Questions - réponses à propos de l’aide au Pakistan

De nombreux villages au Pakistan ont été ravagés par les inondations persistantes. Plus d’1 million de maisons auraient été détruites. D’après le gouvernement pakistanais, les inondations ont touché 20 millions de personnes – plus que le tsunami, le séisme en Haïti et le séisme au Cachemire réunis.
Des milliers de villages dans la région de l’Indus sont encore inondés.
Dans les provinces du Sindh et du Punjab, des milliers de gens vivent sans abri ou dans un hébergement provisoire.
Dans la province de Khyber Pakhtunkhwa, 80% des communautés sont sans nourriture. L’eau bloque bien souvent l’accès aux grandes villes, empêchant la population de se rendre au marché.
8 millions de gens doivent recevoir de toute urgence des produits de première nécessité.

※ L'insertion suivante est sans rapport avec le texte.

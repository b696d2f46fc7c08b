ghost use Rattle.std.specs.Prelude.{◌≡◌, ◌≤◌, length, vec_capacity};
ghost use Rattle.heap_words.specs.Words.{table_words, heap_size};
ghost use Rattle.heap_world.specs.Walk.{IsMarked};

use heap_words::{Config, NoMemory, end_of, forwarded, forwardee, heap_in, pins_in, roots_in};
use heap_world::write_graph;
use regions::base;
use shen_graph::GraphText;
use std::alloc::Global;

/// The words of a heap, and where a collection of all of it works. Only `open` takes memory.
#[derive(Drop)]
pub struct Image {
    pub(crate) config: Config,
    pub(crate) words: Vec<u64>,
    // For each word of the heap a word of a second heap and a flag, and room for as many addresses, which are numbers of 32 bits: the
    // mark stack. The flags say which addresses it has, so that it is forgotten in the time of what it has.
    pub(crate) places: Vec<u64>,
    pub(crate) marks: Vec<bool>,
    pub(crate) addresses: Vec<u32>,
    ghost all_words: { length words.items ≡ table_words config },
    ghost all_places: { length places.items ≡ heap_size config },
    ghost all_marks: { length marks.items ≡ heap_size config },
    ghost enough_addresses: { heap_size config ≤ vec_capacity addresses },
    ghost all_found: { ∥ IsMarked config.region_words marks.items addresses.items ∥₁ },
}

impl Image {
    ghost use Rattle.std.specs.Prelude.{ℕ, ◌<◌, true, false, slice_set, slice_index, Option, IfOk};
    ghost use Rattle.heap_words.specs.Words.{Word, Top, Heap, IsWord, word_at, write};
    ghost use Rattle.heap_words.specs.Ranges.{seat_count};
    ghost use Rattle.image_graph.specs.Full.{now_in};
    ghost use Rattle.image_graph.specs.Pinned.{lies_in, has_pin, is_pinned};
    ghost use Rattle.image_graph.specs.State.{config_of, words_of, memory_of, marks_of, found_of, places_of, IsUnchanged, EndsIn, IsSomeSeats};
    ghost use Rattle.image_graph.specs.Left.{StandsForSome, ShowsTheGraph};

    /// An image of this configuration whose words are all 0. The error is that memory was refused.
    pub fn open(alloc: Global, config: Config) -> Result<Image, NoMemory>
        ensures config { IfOk result (λ image. config_of image ≡ config) }
        ensures words { IfOk result (λ image. (word : Word) → memory_of image word ≡ 0) }
    {
        let Ok(words) = vec![in alloc; 0u64; config.table_words()] else {
            return Err(NoMemory);
        };
        let Ok(places) = vec![in alloc; 0u64; config.heap_size()] else {
            return Err(NoMemory);
        };
        let Ok(marks) = vec![in alloc; false; config.heap_size()] else {
            return Err(NoMemory);
        };
        let Ok(addresses) = Vec::with_capacity(alloc, config.heap_size()) else {
            return Err(NoMemory);
        };
        Ok(Image {
            config,
            words,
            places,
            marks,
            addresses,
        })
    }

    /// The heap's configuration.
    pub fn config(&self) -> Config
        ensures { result ≡ config_of self.now }
    {
        self.config
    }

    /// The word at an index of the table.
    pub fn word(&self, at: usize) -> u64
        requires { at < table_words (config_of self.now) }
        ensures value { result ≡ slice_index (words_of self.now) at }
        ensures named { (word : Word) → IsWord (config_of self.now) word → word_at (config_of self.now) word ≡ at → result ≡ memory_of self.now word }
    {
        self.words[at]
    }

    /// Puts a value at an index of the table. No other word changes, nor which objects were found, nor their new places.
    pub fn set_word(&mut self, at: usize, value: u64)
        requires { at < table_words (config_of self.old) }
        ensures config { config_of self.new ≡ config_of self.old }
        ensures words { words_of self.new ≡ slice_set (words_of self.old) at value }
        ensures places { places_of self.new ≡ places_of self.old }
        ensures found { found_of self.new ≡ found_of self.old }
        ensures marks { marks_of self.new ≡ marks_of self.old }
        ensures named { (word : Word) → IsWord (config_of self.old) word → word_at (config_of self.old) word ≡ at → memory_of self.new ≡ write (memory_of self.old) word value }
    {
        self.words[at] = value;
    }

    // The top of each region.
    pub(crate) fn tops(&self) -> &[u64]
        ensures count { length result.now ≡ (config_of self.now).regions }
        ensures tops { (region : ℕ) → region < (config_of self.now).regions → slice_index result.now region ≡ memory_of self.now (Top region) }
    {
        let start = self.config.top_at(0);
        &self.words[start..start + self.config.regions()]
    }

    /// The address of the current copy of the object at an address: the forwardee where the object is forwarded, and
    /// else the address.
    pub fn resolve(&self, address: u64) -> u64
        requires { IsWord (config_of self.now) (Heap address) }
        ensures { result ≡ now_in (memory_of self.now) address }
    {
        let header = self.word(self.config.heap_at(address));
        if forwarded(header) {
            forwardee(header)
        } else {
            address
        }
    }

    /// The top of a region: how many words from its base on are in use.
    pub fn top(&self, region: usize) -> u64
        requires { region < (config_of self.now).regions }
        ensures { result ≡ memory_of self.now (Top region) }
    {
        self.word(self.config.top_at(region))
    }

    // Whether a seat has a buffer that ends in the region.
    fn ends_in(&self, seat: usize, region: usize) -> bool
        requires seat { seat < seat_count (config_of self.now).mutators (config_of self.now).helpers }
        requires region { region < (config_of self.now).regions }
        ensures yes { result ≡ true → EndsIn (config_of self.now) (memory_of self.now) seat region }
        ensures no { result ≡ false → EndsIn (config_of self.now) (memory_of self.now) seat region → ⊥ }
    {
        let end = end_of(self.word(self.config.cur_at(seat)));
        let base = base(self.config, region);
        base < end && end <= base + self.config.region_words() as u64
    }

    /// Whether the region is shared, or some seat's buffer ends in it: what is allocated may come to lie there.
    pub fn is_current(&self, region: usize) -> bool
        requires { region < (config_of self.now).regions }
        ensures yes { result ≡ true → IsSomeSeats (config_of self.now) (memory_of self.now) region }
        ensures no { result ≡ false → IsSomeSeats (config_of self.now) (memory_of self.now) region → ⊥ }
    {
        if self.word(self.config.share_at()) == region as u64 + 1 {
            return true;
        }
        for seat in 0..self.config.seats() {
            if self.ends_in(seat, region) {
                return true;
            }
        }
        false
    }

    // Whether an address lies in a region.
    fn lies_in(&self, region: usize, address: u64) -> bool
        requires { region < (config_of self.now).regions }
        ensures { result ≡ lies_in (config_of self.now) region address }
    {
        let first = base(self.config, region);
        first <= address && address < first + self.config.region_words() as u64
    }

    // Whether a pin slot of a mutator holds an address of the region.
    fn has_pin(&self, mutator: usize, region: usize) -> bool
        requires mutator { mutator < (config_of self.now).mutators }
        requires region { region < (config_of self.now).regions }
        ensures { result ≡ has_pin (config_of self.now) (memory_of self.now) region mutator }
    {
        for slot in 0..4 {
            let word = self.word(self.config.pin_at(mutator, slot));
            if self.lies_in(region, word) {
                return true;
            }
        }
        false
    }

    /// Whether the region is pinned: some pin slot holds an object there, so that its objects stay where they are.
    pub fn is_pinned(&self, region: usize) -> bool
        requires { region < (config_of self.now).regions }
        ensures { result ≡ is_pinned (config_of self.now) (memory_of self.now) region }
    {
        for mutator in 0..self.config.mutators() {
            if self.has_pin(mutator, region) {
                return true;
            }
        }
        false
    }

    /// Writes the graph that the words of heap, roots and pin slots stand for, as those of an image that holds a graph do: the objects
    /// that the roots and pin slots lead to, by their current copies, in the order of their names, and the roots and pin slots
    /// of each mutator. Answers are no roots here: what is promised is of no graph yet. What the text held before is gone. It was opened for at least
    /// as many words as the heap has, and for the heap's mutators. No word of the image changes, and no memory is taken.
    pub fn answer_graph(&mut self, text: &mut GraphText)
        requires room { heap_size (config_of self.old) ≤ text.old.room }
        requires threads { length text.old.roots ≡ (config_of self.old).mutators }
        requires stand { StandsForSome (config_of self.old) (words_of self.old) }
        ensures unchanged { IsUnchanged self.old self.new }
        ensures shows { ShowsTheGraph (config_of self.old) (words_of self.old) text.new }

        // The same text serves again.
        ensures same_room { text.new.room ≡ text.old.room }
        ensures same_threads { length text.new.roots ≡ length text.old.roots }
    {
        write_graph(
            self.config.region_words() as u64,
            heap_in(self.config, &self.words),
            roots_in(self.config, &self.words),
            pins_in(self.config, &self.words),
            &mut self.marks,
            &mut self.addresses,
            text,
        );
    }
}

Le risque d’infections et de maladies via l’ingestion d’eau contaminée est énorme.
1.Quelle aide puis-je apporter ?
Oxfam a lancé un appel de près de 25 millions d’euros pour permettre à ses collaborateurs au Pakistan d’intensifier les actions humanitaires auprès de plus d’un million de personnes. Nous avons besoin de votre soutien !
Versez votre contribution sur le compte d’Oxfam : 000-0000028-28. Nous rapporterons le plus clairement possible comment chaque euro aura été utilisé.
2. Puis-je collaborer à titre bénévole ?
Nous apprécions énormément les propositions que nous recevons de volontaires souhaitant partir au Pakistan pour aider la population. Mais pour le moment, l’aide doit s’organiser avec du personnel formé, disposant d’une expertise technique. La meilleure façon d’aider, c’est verser de l’argent ou organiser des actions pour collecter de l’argent pour le Pakistan. Vous pouvez apporter votre soutien financer via le site web d’Oxfam ou notre numéro de compte. Votre soutien est également le bienvenu via d’autres organisations d’aide.
3. Et les entreprises ?
Les entreprises peuvent également apporter leur soutien financier à Oxfam, ou apporter une aide en matériel adapté et acheté sur place. Ce matériel sera d’abord contrôlé pour vérifier s’il correspond aux conditions éthiques et s’il a bien été acquis dans la région. Oxfam envoie par avion uniquement des marchandises qui ne sont pas disponibles sur place ou dans la région.
4. Quel soutien apporte Oxfam ?
Oxfam a démarré son programme d’aide dans les provinces de Khyber Pakhtunkhwa, du Punjab et du Sindh. Nous fournissons de l’eau potable, des installations sanitaires, des kits d’hygiène, des ustensiles ménagers et de la nourriture à plus de 400.000 personnes. L’eau est apportée par camion et des réservoirs d’eau équipés de robinets ont été installés. Nous fournissons un abri temporaire aux gens qui ont tout perdu. Des dispositions ont également été prises pour mettre en place des programmes « argent contre travail » et des bourses permettant à la population de retrouver rapidement la possibilité d’assurer elle-même sa subsistance.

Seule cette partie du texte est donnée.